Elucidating the Value-processing and Information-integration Mechanisms of the Reward System in Interpersonal Emotion Regulation
2026.07.07
Fiscal Year
FY 2025
April 2025 – March 2026
Principal Investigator
Motoaki Sugiura
Professor, Department of Human Brain Science, Institute of Development, Aging and Cancer, Tohoku University
Co-Investigators
Shao Chong
2nd-year doctoral student, Graduate School of Medicine, Tohoku University
Role: experimental design, data collection, fMRI analysis (lead researcher)
Liu Chunlin
Assistant Professor, Center for Applied Cognitive Neuroscience, Tohoku University
Role: research guidance, experiment implementation, data collection, analysis support
Guan Lingfei
3rd-year doctoral student, Graduate School of Medicine, Tohoku University
Role: experiment implementation, data collection / analysis support
Chang Xiaoqian
2nd-year doctoral student, Graduate School of Medicine, Tohoku University
Role: experiment implementation, data collection / stimulus creation
Peng Xinyu
2nd-year master’s student, Graduate School of Medicine, Tohoku University
Role: experiment assistance, data collection
Yan Shuxuan
1st-year master’s student, Graduate School of Medicine, Tohoku University
Role: experiment assistance, data collection
Research Keywords
Interpersonal emotion regulation; Reward system; fMRI; Social motivation

1. Research Overview
We routinely try to support other people’s feelings—encouraging a friend who feels down, or comforting someone who is anxious. This act of stepping in to ease another person’s emotions is called interpersonal emotion regulation (IER). Why do people try to support others’ emotions, even when there is no reward in return? This study focused on the workings of the brain’s “reward system”—the neural machinery underlying pleasure and satisfaction—that may lie behind this behavior.
Traditionally, the motivation to help others has been explained mainly in terms of empathy.
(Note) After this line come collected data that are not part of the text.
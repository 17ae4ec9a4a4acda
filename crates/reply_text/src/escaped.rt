ghost use Rattle.std.specs.Prelude.{◌≡◌, ◌++◌};
ghost use Rattle.bmp_specs.specs.EscapedText.{is_plain, escaped_byte, escaped_text};
ghost use Rattle.wire_io.specs.Writes.{Writes};

use wire_io::{Failed, Sink, write_all};

// The sixteen digits, with upper case letters.
const DIGITS: &[u8; 16] = b"0123456789ABCDEF";

// Whether a byte stands as it is: visible ASCII other than `%`.
fn is_plain(byte: u8) -> bool
    ensures { result ≡ is_plain byte }
{
    0x21 <= byte && byte <= 0x7e && byte != b'%'
}

// Writes a byte of a router, as it is or as `%` and two digits.
fn put_escaped_byte<O: Sink>(out: &mut O, byte: u8) -> Result<(), Failed>
    ensures { Writes O.faults O.told O.aside out.old (escaped_byte byte) result out.new }
{
    if is_plain(byte) {
        return write_all(out, &[byte]);
    }
    let high = DIGITS[(byte / 16) as usize];
    let low = DIGITS[(byte % 16) as usize];
    write_all(out, &[b'%', high, low])
}

// Writes the bytes of a router.
fn put_escaped<O: Sink>(out: &mut O, bytes: &[u8]) -> Result<(), Failed>
    ensures { Writes O.faults O.told O.aside out.old (escaped_text bytes.now) result out.new }
{
    for byte in bytes {
        put_escaped_byte(out, *byte)?;
    }
    Ok(())
}

// Writes the bytes of a router after the text before them.
pub(crate) fn put_text<O: Sink>(out: &mut O, before: &[u8], bytes: &[u8]) -> Result<(), Failed>
    ensures { Writes O.faults O.told O.aside out.old (before.now ++ escaped_text bytes.now) result out.new }
{
    write_all(out, before)?;
    put_escaped(out, bytes)
}
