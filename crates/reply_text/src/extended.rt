ghost use Rattle.std.specs.Prelude.{◌≡◌, ◌≤◌, ◌++◌, ◌∷◌, if◌then◌else◌, length, nat_lt, option_map};
ghost use Rattle.bmp_specs.specs.AddressText.{text_in};
ghost use Rattle.bmp_specs.specs.NumberText.{number_text};
ghost use Rattle.ask_specs.specs.TraitText.{administrators, extended_text, worded_text};
ghost use Rattle.wire_io.specs.Writes.{Writes};

use crate::hop::{put_hex, v4_text};
use crate::values::put_u32;
use byteorder::{BigEndian, ByteOrder};
use ip_prefix::{Family, ShortText};
use wire_io::{Failed, Sink, write_all};

// Two numbers with a colon between them, after the word before them.
fn two_numbers(word: &[u8], first: u32, second: u32) -> ShortText
    requires { length word.now ≤ 3 }
    ensures { result ≡ word.now ++ (number_text first ++ (58 ∷ number_text second)) }
{
    let mut text = ShortText::new();
    text.extend(word);
    put_u32(&mut text, first);
    text.push(b':');
    put_u32(&mut text, second);
    text
}

// An IPv4 address and a number with a colon between them, after the word before them.
fn address_and_number(word: &[u8], address: &[u8], number: u32) -> ShortText
    requires word { length word.now ≤ 3 }
    requires address { length address.now ≡ 4 }
    ensures { result ≡ word.now ++ (text_in Family.V4 address.now ++ (58 ∷ number_text number)) }
{
    let mut text = ShortText::new();
    text.extend(word);
    text.extend(v4_text(address).as_slice());
    text.push(b':');
    put_u32(&mut text, number);
    text
}

// An AS of four octets and a number (RFC 5668, section 2), where two octets wouldn't hold the AS, after the word before them.
fn four_octet_as(word: &[u8], asn: u32, number: u32) -> Option<ShortText>
    requires { length word.now ≤ 3 }
    ensures { result ≡ (if nat_lt 65535 asn then Some (word.now ++ (number_text asn ++ (58 ∷ number_text number))) else None) }
{
    if asn > 65535 {
        Some(two_numbers(word, asn, number))
    } else {
        None
    }
}

// "Global Administrator" and "Local Administrator" after the word before them, by the high octet of the type (RFC 4360,
// sections 3.1 and 3.2).
fn administrators(word: &[u8], high: u8, six: &[u8]) -> Option<ShortText>
    requires word { length word.now ≤ 3 }
    requires six { length six.now ≡ 6 }
    ensures { result ≡ option_map (λ text. word.now ++ text) (administrators high six.now) }
{
    let (_, four) = six.split_at(2);
    let (first, last) = six.split_at(4);
    match high {
        0 => Some(two_numbers(
            word,
            BigEndian::read_u16(six) as u32,
            BigEndian::read_u32(four),
        )),
        1 => Some(address_and_number(word, first, BigEndian::read_u16(last) as u32)),
        2 => four_octet_as(
            word,
            BigEndian::read_u32(six),
            BigEndian::read_u16(last) as u32,
        ),
        _ => None,
    }
}

// The text of a "Route Target" or a "Route Origin" (RFC 4360, sections 4 and 5), where it is one in words.
fn worded(octets: &[u8]) -> Option<ShortText>
    requires { length octets.now ≡ 8 }
    ensures { result ≡ worded_text octets.now }
{
    let (_, six) = octets.split_at(2);
    match octets[1] {
        2 => administrators(b"rt:", octets[0], six),
        3 => administrators(b"ro:", octets[0], six),
        _ => None,
    }
}

// Writes an extended community (RFC 4360): in words, where it has some, else in hexadecimal.
pub(crate) fn put_extended<O: Sink>(out: &mut O, octets: &[u8]) -> Result<(), Failed>
    requires { length octets.now ≡ 8 }
    ensures { Writes O.faults O.told O.aside out.old (extended_text octets.now) result out.new }
{
    match worded(octets) {
        Some(text) => write_all(out, text.as_slice()),
        None => put_hex(out, octets),
    }
}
More recently, however, it has been suggested that the act of supporting others itself brings a sense of satisfaction (reward) to the helper, and that this contributes to motivation and well-being. Yet it remained unclear how the reward system operates across the sequence of supporting someone—the anticipation phase (reading the other person’s state), the implementation phase (offering words of support), and the feedback phase (receiving the other person’s response)—and how brain responses differ when support “succeeds” versus when it “fails.”
In this study, healthy university students performed a task modeled on messaging-app exchanges inside a functional MRI (fMRI) scanner, while we measured brain activity across the three phases of emotion regulation. We also assessed personality traits, empathy, and reward sensitivity using questionnaires, and examined how these related to the brain responses.
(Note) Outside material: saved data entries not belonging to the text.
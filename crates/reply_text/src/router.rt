ghost use Rattle.std.specs.Prelude.{◌≡◌, ◌++◌, [], ◌∷◌, codes};
ghost use Rattle.ask_specs.specs.FullRouters.{counted_fields};
ghost use Rattle.bmp_specs.specs.NumberText.{number_text};
ghost use Rattle.bmp_specs.specs.PeerLines.{closed_line, live_line};
ghost use Rattle.reply_text.specs.Pieces.{counts_fields, name_fields, spaced};
ghost use Rattle.reply_text.specs.Router.{router_line};
ghost use Rattle.wire_io.specs.Writes.{Writes};

use crate::escaped::put_text;
use crate::lines::put_cause;
use bmp_specs::Cause;
use itoa::Buffer;
use stats_book::Counts;
use wire_io::{Failed, Sink, write_all, write_pieces};

/// What there is to tell of the router of a lane.
#[derive(Clone, Copy)]
pub enum RouterState<'a> {
    /// It never had a connection.
    Idle,

    /// Its last connection was closed.
    Closed(Cause),

    /// It has a connection.
    Live(RouterLine<'a>),
}

/// What a connection told of its router.
#[derive(Clone, Copy)]
pub struct RouterLine<'a> {
    /// How many of its peers are up.
    pub peers: u64,

    /// What the session counts.
    pub counts: Counts,

    /// sysName (RFC 7854, section 4.4).
    pub name: &'a [u8],

    /// sysDescr (RFC 7854, section 4.4).
    pub descr: &'a [u8],
}

/// Writes the line of the router of a lane. What it calls itself is written as visible ASCII without
/// spaces, any other byte as `%` and two digits. Where a write fails, a front of the line was written.
pub fn put_router<O: Sink>(out: &mut O, lane: u32, state: &RouterState<'_>) -> Result<(), Failed>
    ensures { Writes O.faults O.told O.aside out.old (router_line lane state.now) result out.new }
{
    match state {
        RouterState::Idle => put_state(out, lane, b"idle\n"),
        RouterState::Closed(cause) => put_closed(out, lane, *cause),
        RouterState::Live(line) => put_live(out, lane, line),
    }
}

// Writes the fields of a lane and of its state.
pub(crate) fn put_state<O: Sink>(out: &mut O, lane: u32, state: &[u8]) -> Result<(), Failed>
    ensures { Writes O.faults O.told O.aside out.old (codes "router" ++ spaced (number_text lane ∷ state.now ∷ [])) result out.new }
{
    write_pieces(
        out,
        &[
            b"router ",
            Buffer::new().format(lane).as_bytes(),
            b" ",
            state,
        ],
    )
}

// Writes the line of a lane whose last connection was closed.
fn put_closed<O: Sink>(out: &mut O, lane: u32, cause: Cause) -> Result<(), Failed>
    ensures { Writes O.faults O.told O.aside out.old (closed_line lane cause) result out.new }
{
    put_state(out, lane, b"closed")?;
    put_cause(out, cause)
}

// Writes the line of a lane with a connection.
fn put_live<O: Sink>(out: &mut O, lane: u32, line: &RouterLine<'_>) -> Result<(), Failed>
    ensures { Writes O.faults O.told O.aside out.old (live_line lane line.now.peers line.now.counts line.now.name.now line.now.descr.now) result out.new }
{
    put_state(out, lane, b"live")?;
    put_counted(out, line.peers, &line.counts, line.name, line.descr)?;
    write_all(out, b"\n")
}

// Writes the fields of what a connection counted and of what its router calls itself.
pub(crate) fn put_counted<O: Sink>(
    out: &mut O,
    peers: u64,
    counts: &Counts,
    name: &[u8],
    descr: &[u8],
) -> Result<(), Failed>
    ensures { Writes O.faults O.told O.aside out.old (spaced (counted_fields peers counts.now name.now descr.now)) result out.new }
{
    put_counts(out, peers, counts)?;
    put_names(out, name, descr)
}

// Writes the fields of how many peers are up and of the counts of a session.
fn put_counts<O: Sink>(out: &mut O, peers: u64, counts: &Counts) -> Result<(), Failed>
    ensures { Writes O.faults O.told O.aside out.old (spaced (counts_fields peers counts.now)) result out.new }
{
    write_pieces(
        out,
        &[
            b" peers=",
            Buffer::new().format(peers).as_bytes(),
            b" messages=",
            Buffer::new().format(counts.messages).as_bytes(),
            b" bytes=",
            Buffer::new().format(counts.bytes).as_bytes(),
            b" orphans=",
            Buffer::new().format(counts.orphans).as_bytes(),
            b" unread=",
            Buffer::new().format(counts.unread).as_bytes(),
            b" mirrored=",
            Buffer::new().format(counts.mirrored).as_bytes(),
            b" passed=",
            Buffer::new().format(counts.passed).as_bytes(),
        ],
    )
}

// Writes the fields of sysName and sysDescr (RFC 7854, section 4.4).
fn put_names<O: Sink>(out: &mut O, name: &[u8], descr: &[u8]) -> Result<(), Failed>
    ensures { Writes O.faults O.told O.aside out.old (spaced (name_fields name.now descr.now)) result out.new }
{
    put_text(out, b" name=", name)?;
    put_text(out, b" descr=", descr)
}
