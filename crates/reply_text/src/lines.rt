ghost use Rattle.std.specs.Prelude.{◌≡◌, ◌++◌, [], ◌∷◌};
ghost use Rattle.bmp_specs.specs.ChangeLines.{missed_line, steps_line};
ghost use Rattle.bmp_specs.specs.Lines.{at_line, end_line, further, why_text, cause_fields, stop_line};
ghost use Rattle.bmp_specs.specs.NumberText.{number_text};
ghost use Rattle.bmp_specs.specs.PeerLines.{count_line, lane_line};
ghost use Rattle.reply_text.specs.Pieces.{spaced};
ghost use Rattle.wire_io.specs.Writes.{Writes};

use bmp_specs::{Cause, Why};
use itoa::Buffer;
use wire_io::{Failed, Sink, write_all, write_pieces};

/// Writes the first line of a reply: the revision of the history that it speaks of. Where a write fails, a
/// front of the line was written.
pub fn put_at<O: Sink>(out: &mut O, rev: u64) -> Result<(), Failed>
    ensures { Writes O.faults O.told O.aside out.old (at_line rev) result out.new }
{
    write_pieces(out, &[b"at ", Buffer::new().format(rev).as_bytes(), b"\n"])
}

/// Writes the last line of a reply: the number of its rows. Where a write fails, a front of the line was
/// written.
pub fn put_end<O: Sink>(out: &mut O, rows: u64) -> Result<(), Failed>
    ensures { Writes O.faults O.told O.aside out.old (end_line rows) result out.new }
{
    write_pieces(
        out,
        &[b"end ", Buffer::new().format(rows).as_bytes(), b"\n"],
    )
}

/// Writes the line of `count`: how many rows there are. Where a write fails, a front of the line was
/// written.
pub fn put_count<O: Sink>(out: &mut O, rows: u64) -> Result<(), Failed>
    ensures { Writes O.faults O.told O.aside out.old (count_line rows) result out.new }
{
    write_pieces(
        out,
        &[b"count ", Buffer::new().format(rows).as_bytes(), b"\n"],
    )
}

/// Writes the line of a lane: how many entries it has. Where a write fails, a front of the line was
/// written.
pub fn put_lane<O: Sink>(out: &mut O, lane: u32, entries: u64) -> Result<(), Failed>
    ensures { Writes O.faults O.told O.aside out.old (lane_line lane entries) result out.new }
{
    put_lane_number(out, b"lane ", lane, entries)
}

/// Writes the line of how many steps a lane made. Where a write fails, a front of the line was written.
pub fn put_steps<O: Sink>(out: &mut O, lane: u32, total: u64) -> Result<(), Failed>
    ensures { Writes O.faults O.told O.aside out.old (steps_line lane total) result out.new }
{
    put_lane_number(out, b"steps ", lane, total)
}

/// Writes the line of how many of the steps that were asked for are no longer kept. Where a write fails,
/// a front of the line was written.
pub fn put_missed<O: Sink>(out: &mut O, steps: u64) -> Result<(), Failed>
    ensures { Writes O.faults O.told O.aside out.old (missed_line steps) result out.new }
{
    write_pieces(
        out,
        &[b"missed ", Buffer::new().format(steps).as_bytes(), b"\n"],
    )
}

// Writes a lane and a number of it after the text before them, and the end of the line.
fn put_lane_number<O: Sink>(
    out: &mut O,
    before: &[u8],
    lane: u32,
    number: u64,
) -> Result<(), Failed>
    ensures { Writes O.faults O.told O.aside out.old (before.now ++ (number_text lane ++ further (number_text number ∷ []))) result out.new }
{
    write_pieces(
        out,
        &[
            before,
            Buffer::new().format(lane).as_bytes(),
            b" ",
            Buffer::new().format(number).as_bytes(),
            b"\n",
        ],
    )
}

/// Writes the stop line: why the stream stopped, and where. Where a write fails, a front of the line was
/// written.
pub fn put_stop<O: Sink>(out: &mut O, cause: &Cause) -> Result<(), Failed>
    ensures { Writes O.faults O.told O.aside out.old (stop_line cause.now) result out.new }
{
    write_all(out, b"stop")?;
    put_cause(out, *cause)
}

// The word for the rule that is broken.
fn why_word(why: Why) -> &'static [u8]
    ensures { result.now ≡ why_text why }
{
    match why {
        Why::Version => b"version",
        Why::Length => b"length",
        Why::Body => b"body",
    }
}

// Writes the fields of a cause.
pub(crate) fn put_cause_fields<O: Sink>(out: &mut O, cause: Cause) -> Result<(), Failed>
    ensures { Writes O.faults O.told O.aside out.old (spaced (cause_fields cause)) result out.new }
{
    let mut buffer = Buffer::new();
    match cause {
        Cause::Ended => write_all(out, b" ended"),
        Cause::Terminated => write_all(out, b" terminated"),
        Cause::CutShort { offset } => {
            let offset = buffer.format(offset).as_bytes();
            write_pieces(out, &[b" cutshort ", offset])
        }
        Cause::Broken { offset, why } => {
            let offset = buffer.format(offset).as_bytes();
            write_pieces(out, &[b" broken ", offset, b" ", why_word(why)])
        }
        Cause::ReadFault { offset } => {
            let offset = buffer.format(offset).as_bytes();
            write_pieces(out, &[b" readfault ", offset])
        }
        Cause::Full => write_all(out, b" full"),
    }
}

// Writes the fields of a cause and the end of the line.
pub(crate) fn put_cause<O: Sink>(out: &mut O, cause: Cause) -> Result<(), Failed>
    ensures { Writes O.faults O.told O.aside out.old (further (cause_fields cause)) result out.new }
{
    put_cause_fields(out, cause)?;
    write_all(out, b"\n")
}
Ongoing analyses suggest that, in the anticipation phase of reading the other person’s state, brain regions involved in inferring others’ minds (mentalizing) are engaged; and that in feedback situations where support did not go as expected (“failure”), activity increases in brain regions involved in reward prediction (the midbrain and striatum). Furthermore, the magnitude of these brain responses appears to vary with personality traits. Together, these findings offer clues for understanding the neural basis of the motivation to support others.
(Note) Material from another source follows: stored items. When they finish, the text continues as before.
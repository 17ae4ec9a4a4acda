ghost use Rattle.std.specs.Prelude.{◌≡◌, ◌+◌, ◌≤◌, ◌++◌, [], ◌∷◌, length, take};
ghost use Rattle.bmp_specs.specs.Lines.{further};
ghost use Rattle.bmp_specs.specs.PrefixText.{prefix_text};
ghost use Rattle.bmp_specs.specs.RouteLine.{id_fields};
ghost use Rattle.reply_text.specs.Pieces.{spaced};
ghost use Rattle.reply_text.specs.Rov.{origin_word, rov_line};
ghost use Rattle.wire_io.specs.Writes.{Writes};

use crate::line::{front, id, prefix, row_of};
use crate::pen::{ROOM, byte, number, word};
use crate::rov::put_rov;
use bmp_frames::PeerKey;
use bmp_specs::View;
use ip_prefix::Nlri;
use std::marker::Model;
use wire_io::{Failed, Sink, write_all};

// The most bytes of what a row is judged to be that are put into the array.
const MOST_JUDGED: usize = 16;

// Puts the origin of a route, or that it has none.
#[inline(always)]
fn origin_or_none(line: &mut [u8; ROOM], at: usize, origin: Option<u32>) -> usize
    requires { at + 10 ≤ 1024 }
    ensures whole { take result line.new ≡ take at line.old ++ origin_word origin }
    ensures short { result ≤ at + 10 }
{
    match origin {
        None => word(line, at, b"none"),
        Some(asn) => number(line, at, asn),
    }
}

// Puts the fields of an origin and of what a row is judged to be.
#[inline(always)]
fn judgement(line: &mut [u8; ROOM], at: usize, origin: Option<u32>, judged: &[u8]) -> usize
    requires room { at + 28 ≤ 1024 }
    requires few { length judged.now ≤ 16 }
    ensures whole { take result line.new ≡ take at line.old ++ spaced (origin_word origin ∷ judged.now ∷ []) }
    ensures short { result ≤ at + 28 }
{
    let next = byte(line, at, b' ');
    let next = origin_or_none(line, next, origin);
    let next = byte(line, next, b' ');
    word(line, next, judged)
}

// Puts the prefix, the origin, what the row is judged to be, the path identifier and the end of a line.
#[inline(always)]
fn judged_row(
    line: &mut [u8; ROOM],
    at: usize,
    nlri: &Nlri,
    origin: Option<u32>,
    judged: &[u8],
) -> usize
    requires room { at + 89 ≤ 1024 }
    requires few { length judged.now ≤ 16 }
    ensures whole { take result line.new ≡ take at line.old ++ (prefix_text nlri.now.prefix ++ (spaced (origin_word origin ∷ judged.now ∷ []) ++ further (id_fields nlri.now.id))) }
    ensures short { result ≤ 1024 }
{
    let next = prefix(line, at, &nlri.prefix);
    let next = judgement(line, next, origin, judged);
    id(line, next, nlri.id)
}

/// Writes the lines of a table's rows with what they are judged to be. What they begin with is made once. It takes no
/// memory.
#[derive(Drop)]
pub struct RovLines {
    lane: u32,
    key: PeerKey,
    view: View,
    front: usize,
    line: [u8; ROOM],
}

impl Model for RovLines {
    ghost use Rattle.std.specs.Prelude.{◌≡◌, ◌≤◌, codes, take};
    ghost use Rattle.reply_text.specs.Fronts.{TableValue, front_text};

    ghost Value = { TableValue };

    ghost view = { λ l. record { lane = l.lane; key = l.key; view = l.view } };

    ghost invariant = { λ l. (take l.front l.line ≡ front_text (codes "rov ") (record { lane = l.lane; key = l.key; view = l.view })) × (l.front ≤ 147) };
}

impl RovLines {
    /// The lines of the rows that a peer of this lane has in a view.
    pub fn new(lane: u32, key: PeerKey, view: View) -> RovLines
        ensures { result ≡ record { lane = lane; key = key; view = view } }
    {
        let mut line = [0u8; ROOM];
        let front = front(&mut line, b"rov ", lane, &key, view);
        RovLines {
            lane,
            key,
            view,
            front,
            line,
        }
    }

    // Writes the line of a row by its parts.
    fn put_parts<O: Sink>(
        &self,
        out: &mut O,
        nlri: &Nlri,
        origin: Option<u32>,
        judged: &[u8],
    ) -> Result<(), Failed>
        ensures { Writes O.faults O.told O.aside out.old (rov_line self.now.lane (record { key = self.now.key; view = self.now.view; nlri = nlri.now }) origin judged.now) result out.new }
    {
        let row = row_of(self.key, self.view, nlri);
        put_rov(out, self.lane, &row, origin, judged)
    }

    /// Writes the line of a row, as `put_rov`: in one write where what it is judged to be has at most 16 bytes and the
    /// caller says that the line may be put together in one array. Where a write fails, a front of the line was written.
    pub fn put<O: Sink>(
        &mut self,
        out: &mut O,
        nlri: &Nlri,
        origin: Option<u32>,
        judged: &[u8],
        short: bool,
    ) -> Result<(), Failed>
        ensures same { self.new ≡ self.old }
        ensures writes { Writes O.faults O.told O.aside out.old (rov_line self.old.lane (record { key = self.old.key; view = self.old.view; nlri = nlri.now }) origin judged.now) result out.new }
    {
        if !short || judged.len() > MOST_JUDGED {
            return self.put_parts(out, nlri, origin, judged);
        }
        let end = judged_row(&mut self.line, self.front, nlri, origin, judged);
        write_all(out, &self.line[..end])
    }
}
2. Impact and Future Outlook
The findings of this study may be applied to improving interpersonal relationships and supporting mental health. For example, understanding the brain responses that arise when support “does not go well,” together with the individual differences in motivation to support others, can capture the burden and the satisfaction that supporting others brings to the helper, and offer clues for designing emotional support tailored to each individual.
Academically, the view that the act of supporting others engages the helper’s own reward system opens a path to understanding compassion and helping behavior not only through “empathy” but also from the perspective of “reward and motivation.”
This study also spans psychology, neuroscience, and information science, and addresses how diverse linguistic information—situational descriptions presented as text, the helper’s own utterances, and feedback from the other person—is processed and integrated as “value” in the brain. In this respect it aligns with the cross-disciplinary integration of knowledge that So-Go-Chi aims for.
Going forward, we plan to complete the ongoing data collection, advance the analyses, and disseminate the findings through conference presentations and academic papers. We further aim to develop this work toward applications in interpersonal support, from the perspective of value processing of social linguistic information in the brain.
3. Summary
Encouraging someone who feels down—and other acts of supporting people’s emotions—are known as interpersonal emotion regulation. This study aimed to clarify why people try to support others’ emotions, focusing on the workings of the brain’s reward system. Participants performed a task modeled on messaging-app exchanges inside an fMRI scanner, while we measured brain activity across three phases: reading the other person’s state, offering support, and receiving their response. Ongoing analyses suggest that brain regions involved in reward prediction are engaged when support “does not go well,” and that brain responses vary with personality traits. These findings are expected to inform applications in improving interpersonal relationships and supporting mental health.